- Location: 31°43′58″N 70°19′54″E﻿ / ﻿31.73278°N 70.33167°E Dera Ismail Khan District, Khyber Pakhtunkhwa, Pakistan
- Date: 12 December 2023
- Target: Khyber Pakhtunkhwa Police; Pakistan Army
- Attack type: Vehicle-ramming, suicide bombing, mass shooting
- Weapons: Car bomb, guns
- Deaths: 24 (including a perpetrator)
- Injured: 34
- Perpetrators: Tehreek-e-Jihad Pakistan

= Daraban police station attack =

2023 terrorist mass murder in Pakistan

On 12 December 2023, the Deobandi jihadist insurgent group Tehreek-e-Jihad Pakistan attacked a police station in Daraban, Dera Ismail Khan District, Khyber Pakhtunkhwa, Pakistan, killing at least 23 people.

== Background ==
The insurgency in northwestern Pakistan began in 2004. Since the Pakistani Taliban's formation in 2007 it is led by them. After the insurgency's intensity peaked in the late 2000s and early 2010s, it slowed to a low-intensity conflict in 2017. It escalated during the early 2020s. During early 2023, Tehreek-e-Jihad Pakistan was founded and joined the insurgency. Pakistan says that it is merely another name for the Pakistani Taliban and that high proportion of terrorist attacks in Pakistan are carried out by Afghans. Pakistan's government accuses the Pakistani Taliban's Afghan ally, the Taliban, who govern Afghanistan, of allowing the Pakistani Taliban to use Afghanistan as a base to carry out attacks in Pakistan. In response to the large number of attacks by Afghans – including the 2022 Peshawar mosque attack by Islamic State – Khorasan Province – the Pakistani government are deporting large numbers of illegal immigrants, the vast majority of whom are Afghans.

== Attack ==
On 12 December 2023, Tehreek-e-Jihad Pakistan insurgents carried out an attack on a police station in Daraban, Dera Ismail Khan District, Khyber Pakhtunkhwa, Pakistan. The vehicle-ramming, suicide bombing and mass shooting attack killed at least 23 people and wounded 34 others. The Pakistan Army had been using the police station as a base camp.

== Perpetrators ==
Tehreek-e-Jihad Pakistan claimed responsibility for the attack. Its spokesman Mohammed Qasim stated, "Our suicide bombers attacked a military compound at 2:30 a.m. and started killing soldiers one by one. An army camp is set up in a school. More than 20 soldiers were killed in the attack". The government of Pakistan says that Tehreek-e-Jihad is a part of the Tehreek-i-Taliban Pakistan, and that "Tehreek-e-Jihad" is simply another name for the Tehreek-i-Taliban Pakistan.

== Response ==
The Inter-Services Public Relations, the media wing for the Pakistan Armed Forces, has stated that the Pakistan Army killed 27 militants in response, and has stated that all 6 militants involved in the attack were killed. In a statement, the prime minister of Pakistan Anwaar ul Haq Kakar said, "The whole nation pays homage to the sacrifices of the martyrs in the fight against terrorism, such coward attacks could not demoralize our forces."

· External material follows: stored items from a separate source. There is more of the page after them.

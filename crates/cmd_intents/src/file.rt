//! A file of intents.
use base_io::Numbers;
use cmd_schedule::WireSchedule;
use std::marker::Model;

/// A file of intents: the schedule that it is where `intent` is read as `say` and `resolve` as `catchup`, and the numbers
/// of its `intent` lines and of its `resolve` lines, ascending.
#[derive(Drop)]
pub struct IntentFile {
    pub schedule: WireSchedule,
    pub intents: Numbers,
    pub resolves: Numbers,
}

impl Model for IntentFile {
    ghost use Rattle.cmd_intents.specs.Files.{FileView};

    ghost Value = { FileView };

    ghost view = { λ f. record { schedule = f.schedule; intents = f.intents.items; resolves = f.resolves.items } };
}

=== Accusations of Afghan involvement ===
Pakistan has repeatedly said that militant attacks against Pakistan are being conducted by Afghans. Afghanistan says that is not the case. On 12 December, Pakistan's Ministry of Foreign Affairs summoned a representative for the government of Afghanistan in relation to this. It asked the Afghan government to "fully investigate and take stern action against perpetrators" and to "publicly condemn the terrorist incident at the highest level."